■ **TASK REQUIREMENTS**: Scan the records below for the line containing "fn push_equivalents(text: &mut" and the line containing "for equivalent in". Copy both, plus every line between, exactly.

■ **EXERCISE INPUTS**:
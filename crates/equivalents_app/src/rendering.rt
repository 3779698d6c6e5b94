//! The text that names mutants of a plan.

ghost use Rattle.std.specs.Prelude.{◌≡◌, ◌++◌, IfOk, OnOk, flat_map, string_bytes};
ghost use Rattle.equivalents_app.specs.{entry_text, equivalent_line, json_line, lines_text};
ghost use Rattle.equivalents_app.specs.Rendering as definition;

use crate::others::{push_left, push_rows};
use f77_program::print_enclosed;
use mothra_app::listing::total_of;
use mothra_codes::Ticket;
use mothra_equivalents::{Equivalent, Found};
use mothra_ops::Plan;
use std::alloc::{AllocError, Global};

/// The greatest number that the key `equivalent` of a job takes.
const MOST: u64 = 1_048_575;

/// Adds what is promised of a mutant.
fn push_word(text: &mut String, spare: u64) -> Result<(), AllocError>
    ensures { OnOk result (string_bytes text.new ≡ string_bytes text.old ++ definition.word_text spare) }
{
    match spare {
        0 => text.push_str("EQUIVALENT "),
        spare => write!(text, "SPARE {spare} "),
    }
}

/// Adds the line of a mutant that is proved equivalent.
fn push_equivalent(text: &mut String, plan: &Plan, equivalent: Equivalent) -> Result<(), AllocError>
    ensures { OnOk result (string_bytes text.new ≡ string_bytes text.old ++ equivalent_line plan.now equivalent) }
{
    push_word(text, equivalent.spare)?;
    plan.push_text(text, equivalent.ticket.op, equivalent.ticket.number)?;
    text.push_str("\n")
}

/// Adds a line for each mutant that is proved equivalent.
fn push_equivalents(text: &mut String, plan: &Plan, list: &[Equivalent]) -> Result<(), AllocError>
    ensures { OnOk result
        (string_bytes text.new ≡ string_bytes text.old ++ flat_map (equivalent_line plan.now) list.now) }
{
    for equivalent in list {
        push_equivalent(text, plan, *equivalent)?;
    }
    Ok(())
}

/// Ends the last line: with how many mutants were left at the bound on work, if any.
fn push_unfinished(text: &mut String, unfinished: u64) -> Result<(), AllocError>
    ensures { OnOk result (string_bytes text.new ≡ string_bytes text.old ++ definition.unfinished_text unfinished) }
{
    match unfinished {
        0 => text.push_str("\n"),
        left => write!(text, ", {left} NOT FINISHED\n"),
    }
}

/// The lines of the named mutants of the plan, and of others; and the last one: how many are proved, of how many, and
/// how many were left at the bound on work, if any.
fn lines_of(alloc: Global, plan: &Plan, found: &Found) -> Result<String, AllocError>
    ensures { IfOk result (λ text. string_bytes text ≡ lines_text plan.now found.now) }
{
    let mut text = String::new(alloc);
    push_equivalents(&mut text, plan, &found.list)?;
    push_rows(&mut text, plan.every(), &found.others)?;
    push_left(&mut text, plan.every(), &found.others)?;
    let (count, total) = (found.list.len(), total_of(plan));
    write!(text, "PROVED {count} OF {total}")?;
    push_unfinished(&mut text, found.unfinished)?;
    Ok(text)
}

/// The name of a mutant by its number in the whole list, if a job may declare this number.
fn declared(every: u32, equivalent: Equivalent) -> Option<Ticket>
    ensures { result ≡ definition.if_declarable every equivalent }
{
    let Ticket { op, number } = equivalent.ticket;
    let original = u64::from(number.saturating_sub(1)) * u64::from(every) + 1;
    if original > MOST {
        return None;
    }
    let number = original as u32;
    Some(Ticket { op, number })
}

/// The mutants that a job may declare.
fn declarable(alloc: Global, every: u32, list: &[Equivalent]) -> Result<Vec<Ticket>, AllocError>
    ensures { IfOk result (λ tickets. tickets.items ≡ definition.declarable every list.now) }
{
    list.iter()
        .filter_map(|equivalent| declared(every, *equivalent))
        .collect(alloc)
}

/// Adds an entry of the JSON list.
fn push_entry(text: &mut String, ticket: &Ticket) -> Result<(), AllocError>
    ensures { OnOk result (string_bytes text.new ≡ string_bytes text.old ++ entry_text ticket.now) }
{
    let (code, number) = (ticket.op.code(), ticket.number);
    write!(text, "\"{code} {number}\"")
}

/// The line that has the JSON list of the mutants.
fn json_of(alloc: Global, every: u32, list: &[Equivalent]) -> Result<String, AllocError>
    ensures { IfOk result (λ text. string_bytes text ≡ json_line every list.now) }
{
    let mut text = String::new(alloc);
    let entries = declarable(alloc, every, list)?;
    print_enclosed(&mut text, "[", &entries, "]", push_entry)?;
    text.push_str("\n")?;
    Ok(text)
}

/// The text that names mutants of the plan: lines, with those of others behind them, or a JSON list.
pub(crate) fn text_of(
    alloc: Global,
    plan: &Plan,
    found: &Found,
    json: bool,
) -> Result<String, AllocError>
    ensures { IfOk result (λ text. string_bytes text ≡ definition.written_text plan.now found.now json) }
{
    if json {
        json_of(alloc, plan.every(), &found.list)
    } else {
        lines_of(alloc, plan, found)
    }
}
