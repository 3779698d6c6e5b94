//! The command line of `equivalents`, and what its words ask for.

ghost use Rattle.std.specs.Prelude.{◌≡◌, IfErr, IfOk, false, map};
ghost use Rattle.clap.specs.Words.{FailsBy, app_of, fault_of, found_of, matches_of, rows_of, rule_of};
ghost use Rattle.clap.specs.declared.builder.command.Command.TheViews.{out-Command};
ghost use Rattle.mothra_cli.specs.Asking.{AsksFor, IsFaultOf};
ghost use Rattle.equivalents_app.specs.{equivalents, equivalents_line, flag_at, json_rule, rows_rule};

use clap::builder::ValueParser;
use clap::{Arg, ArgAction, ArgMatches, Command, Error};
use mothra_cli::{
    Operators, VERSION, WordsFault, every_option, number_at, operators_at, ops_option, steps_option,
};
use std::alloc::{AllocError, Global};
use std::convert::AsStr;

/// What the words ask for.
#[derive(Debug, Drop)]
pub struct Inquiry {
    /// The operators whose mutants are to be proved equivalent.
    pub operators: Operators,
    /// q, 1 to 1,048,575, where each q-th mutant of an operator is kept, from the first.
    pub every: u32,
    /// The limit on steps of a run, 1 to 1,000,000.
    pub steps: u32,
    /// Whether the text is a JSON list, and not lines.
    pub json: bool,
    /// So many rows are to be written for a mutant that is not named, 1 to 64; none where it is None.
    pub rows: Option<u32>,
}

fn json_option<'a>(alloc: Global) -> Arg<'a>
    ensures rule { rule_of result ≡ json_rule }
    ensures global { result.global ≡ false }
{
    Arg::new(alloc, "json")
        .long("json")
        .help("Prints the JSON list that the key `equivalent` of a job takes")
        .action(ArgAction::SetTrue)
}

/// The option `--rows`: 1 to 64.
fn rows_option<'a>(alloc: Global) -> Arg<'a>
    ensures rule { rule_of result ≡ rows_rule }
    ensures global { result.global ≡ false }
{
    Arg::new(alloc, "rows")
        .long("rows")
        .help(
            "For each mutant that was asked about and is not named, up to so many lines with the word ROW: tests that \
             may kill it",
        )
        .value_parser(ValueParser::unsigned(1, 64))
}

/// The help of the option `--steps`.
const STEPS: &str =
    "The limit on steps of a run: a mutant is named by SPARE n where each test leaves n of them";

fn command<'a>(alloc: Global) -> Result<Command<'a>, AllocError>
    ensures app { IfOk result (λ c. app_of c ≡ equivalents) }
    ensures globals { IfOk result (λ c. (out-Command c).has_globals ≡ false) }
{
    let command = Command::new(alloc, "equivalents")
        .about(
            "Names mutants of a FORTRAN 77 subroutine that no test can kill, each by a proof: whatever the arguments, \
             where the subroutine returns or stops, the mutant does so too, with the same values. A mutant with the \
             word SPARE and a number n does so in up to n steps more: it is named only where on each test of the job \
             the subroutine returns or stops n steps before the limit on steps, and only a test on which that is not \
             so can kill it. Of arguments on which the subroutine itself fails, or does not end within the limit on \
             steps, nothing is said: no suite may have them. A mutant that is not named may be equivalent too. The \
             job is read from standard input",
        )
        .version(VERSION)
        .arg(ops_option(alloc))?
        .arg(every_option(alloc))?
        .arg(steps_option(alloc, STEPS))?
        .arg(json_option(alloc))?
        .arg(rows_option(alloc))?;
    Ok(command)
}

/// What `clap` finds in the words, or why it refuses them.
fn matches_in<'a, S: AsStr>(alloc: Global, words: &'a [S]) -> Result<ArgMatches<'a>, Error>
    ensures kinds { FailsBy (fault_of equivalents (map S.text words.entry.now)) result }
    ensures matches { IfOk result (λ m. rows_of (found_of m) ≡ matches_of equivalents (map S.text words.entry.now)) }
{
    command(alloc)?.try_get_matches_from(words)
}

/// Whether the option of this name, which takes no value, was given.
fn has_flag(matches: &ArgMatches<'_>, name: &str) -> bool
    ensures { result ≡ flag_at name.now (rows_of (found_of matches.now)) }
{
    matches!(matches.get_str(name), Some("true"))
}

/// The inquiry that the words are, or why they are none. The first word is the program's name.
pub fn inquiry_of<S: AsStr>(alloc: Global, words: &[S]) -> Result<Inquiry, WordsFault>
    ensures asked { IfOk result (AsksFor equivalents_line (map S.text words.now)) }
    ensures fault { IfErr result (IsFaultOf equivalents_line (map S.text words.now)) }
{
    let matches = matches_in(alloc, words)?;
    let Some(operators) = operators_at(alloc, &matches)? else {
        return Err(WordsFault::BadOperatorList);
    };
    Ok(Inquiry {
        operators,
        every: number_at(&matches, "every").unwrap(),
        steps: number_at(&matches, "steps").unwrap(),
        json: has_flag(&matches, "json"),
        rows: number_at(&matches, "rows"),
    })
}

■ **FINISHED EXERCISE**:
fn push_equivalents(text: &mut String, plan: &Plan, list: &[Equivalent]) -> Result<(), AllocError>
    ensures { OnOk result
        (string_bytes text.new ≡ string_bytes text.old ++ flat_map (equivalent_line plan.now) list.now) }
{
    for equivalent in list {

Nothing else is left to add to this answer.